* EXERCISE AIM *
Please copy each line below that contains the string "conversion".
*** Opening RAW DATA ***
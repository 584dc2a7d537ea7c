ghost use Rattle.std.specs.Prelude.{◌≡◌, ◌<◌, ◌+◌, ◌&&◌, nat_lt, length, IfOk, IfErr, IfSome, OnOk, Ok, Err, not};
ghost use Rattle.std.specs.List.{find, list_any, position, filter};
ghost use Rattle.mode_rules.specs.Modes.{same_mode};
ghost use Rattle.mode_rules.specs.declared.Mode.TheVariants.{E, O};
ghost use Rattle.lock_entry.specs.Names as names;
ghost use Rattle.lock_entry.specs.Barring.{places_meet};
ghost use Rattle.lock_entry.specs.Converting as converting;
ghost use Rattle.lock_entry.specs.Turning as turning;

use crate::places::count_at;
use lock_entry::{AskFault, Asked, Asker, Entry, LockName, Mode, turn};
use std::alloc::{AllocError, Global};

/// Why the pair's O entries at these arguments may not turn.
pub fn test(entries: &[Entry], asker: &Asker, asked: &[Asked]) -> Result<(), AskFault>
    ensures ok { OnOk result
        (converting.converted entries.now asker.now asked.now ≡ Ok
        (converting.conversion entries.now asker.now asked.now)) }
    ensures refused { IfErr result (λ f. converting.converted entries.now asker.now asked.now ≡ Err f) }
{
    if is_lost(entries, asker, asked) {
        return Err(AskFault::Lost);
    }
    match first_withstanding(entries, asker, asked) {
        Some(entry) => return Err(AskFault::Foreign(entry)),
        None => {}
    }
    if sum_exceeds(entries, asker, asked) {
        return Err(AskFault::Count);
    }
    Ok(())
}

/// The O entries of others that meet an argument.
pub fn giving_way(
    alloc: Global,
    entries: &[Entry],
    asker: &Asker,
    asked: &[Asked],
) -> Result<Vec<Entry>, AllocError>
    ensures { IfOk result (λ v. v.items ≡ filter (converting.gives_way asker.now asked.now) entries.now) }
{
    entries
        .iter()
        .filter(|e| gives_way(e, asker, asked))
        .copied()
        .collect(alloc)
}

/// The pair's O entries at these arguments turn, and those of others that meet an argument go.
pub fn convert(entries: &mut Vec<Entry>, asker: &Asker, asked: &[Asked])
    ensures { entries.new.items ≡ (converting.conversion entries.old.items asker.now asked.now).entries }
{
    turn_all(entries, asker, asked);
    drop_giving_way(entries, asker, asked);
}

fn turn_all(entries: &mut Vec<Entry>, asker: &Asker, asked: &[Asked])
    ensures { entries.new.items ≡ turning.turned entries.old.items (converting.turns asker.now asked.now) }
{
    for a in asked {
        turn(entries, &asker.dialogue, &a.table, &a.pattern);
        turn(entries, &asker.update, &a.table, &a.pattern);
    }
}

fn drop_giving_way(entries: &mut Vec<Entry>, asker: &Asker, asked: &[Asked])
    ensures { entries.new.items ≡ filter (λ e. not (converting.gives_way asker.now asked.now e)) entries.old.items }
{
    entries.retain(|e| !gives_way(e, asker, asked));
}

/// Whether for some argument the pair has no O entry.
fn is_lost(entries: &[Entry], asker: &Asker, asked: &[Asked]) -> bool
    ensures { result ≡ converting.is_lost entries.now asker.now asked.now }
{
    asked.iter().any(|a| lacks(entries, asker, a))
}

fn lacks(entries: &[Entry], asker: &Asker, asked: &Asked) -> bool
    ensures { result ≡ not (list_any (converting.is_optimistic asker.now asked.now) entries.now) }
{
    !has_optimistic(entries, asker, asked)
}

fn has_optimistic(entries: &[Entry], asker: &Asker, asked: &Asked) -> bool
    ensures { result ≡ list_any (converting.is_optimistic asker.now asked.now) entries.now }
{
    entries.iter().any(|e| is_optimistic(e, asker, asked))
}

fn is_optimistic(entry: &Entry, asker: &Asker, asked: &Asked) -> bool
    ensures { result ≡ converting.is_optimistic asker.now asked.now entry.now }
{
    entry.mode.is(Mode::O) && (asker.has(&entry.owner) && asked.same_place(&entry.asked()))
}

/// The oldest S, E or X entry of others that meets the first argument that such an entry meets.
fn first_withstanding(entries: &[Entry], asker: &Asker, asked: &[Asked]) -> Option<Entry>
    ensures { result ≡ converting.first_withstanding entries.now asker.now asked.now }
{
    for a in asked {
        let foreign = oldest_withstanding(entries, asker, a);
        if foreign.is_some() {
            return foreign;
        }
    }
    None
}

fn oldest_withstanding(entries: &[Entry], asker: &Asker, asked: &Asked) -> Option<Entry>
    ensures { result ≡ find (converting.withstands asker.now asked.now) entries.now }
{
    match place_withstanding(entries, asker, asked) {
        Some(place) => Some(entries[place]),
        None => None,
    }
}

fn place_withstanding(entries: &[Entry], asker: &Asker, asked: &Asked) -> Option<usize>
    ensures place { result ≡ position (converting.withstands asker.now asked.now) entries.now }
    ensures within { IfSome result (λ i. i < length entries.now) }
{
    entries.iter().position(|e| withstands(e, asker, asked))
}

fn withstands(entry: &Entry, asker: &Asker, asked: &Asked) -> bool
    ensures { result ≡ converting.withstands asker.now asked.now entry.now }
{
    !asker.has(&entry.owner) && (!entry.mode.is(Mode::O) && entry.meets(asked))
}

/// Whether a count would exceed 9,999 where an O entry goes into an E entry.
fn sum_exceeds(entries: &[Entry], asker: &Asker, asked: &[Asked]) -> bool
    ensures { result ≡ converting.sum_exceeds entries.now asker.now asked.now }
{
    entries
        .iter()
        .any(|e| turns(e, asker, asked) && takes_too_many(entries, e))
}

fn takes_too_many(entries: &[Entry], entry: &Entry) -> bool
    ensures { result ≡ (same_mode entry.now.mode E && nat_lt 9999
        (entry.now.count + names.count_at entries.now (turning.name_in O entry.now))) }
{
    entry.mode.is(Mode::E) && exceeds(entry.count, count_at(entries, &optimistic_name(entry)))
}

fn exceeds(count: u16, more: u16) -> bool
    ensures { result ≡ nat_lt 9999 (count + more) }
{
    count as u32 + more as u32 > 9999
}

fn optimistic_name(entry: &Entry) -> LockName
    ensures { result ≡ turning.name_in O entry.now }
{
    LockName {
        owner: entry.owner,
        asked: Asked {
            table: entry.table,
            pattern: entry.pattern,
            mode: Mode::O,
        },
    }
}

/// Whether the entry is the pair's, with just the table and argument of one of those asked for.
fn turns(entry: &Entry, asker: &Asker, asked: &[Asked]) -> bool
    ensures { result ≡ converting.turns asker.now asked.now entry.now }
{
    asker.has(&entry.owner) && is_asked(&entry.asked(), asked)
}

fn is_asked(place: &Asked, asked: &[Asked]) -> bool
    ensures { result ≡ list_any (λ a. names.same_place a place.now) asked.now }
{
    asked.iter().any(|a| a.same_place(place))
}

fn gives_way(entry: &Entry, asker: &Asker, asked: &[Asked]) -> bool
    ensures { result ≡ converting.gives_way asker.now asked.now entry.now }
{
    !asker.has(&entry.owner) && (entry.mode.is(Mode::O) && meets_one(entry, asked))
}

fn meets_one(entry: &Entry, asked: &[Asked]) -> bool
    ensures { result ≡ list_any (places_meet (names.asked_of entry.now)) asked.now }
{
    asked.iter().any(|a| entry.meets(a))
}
*** Closing RAW DATA ***
* SOLUTION TO THE EXERCISE *
        (converting.conversion entries.now asker.now asked.now)) }
    ensures { entries.new.items ≡ (converting.conversion entries.old.items asker.now asked.now).entries }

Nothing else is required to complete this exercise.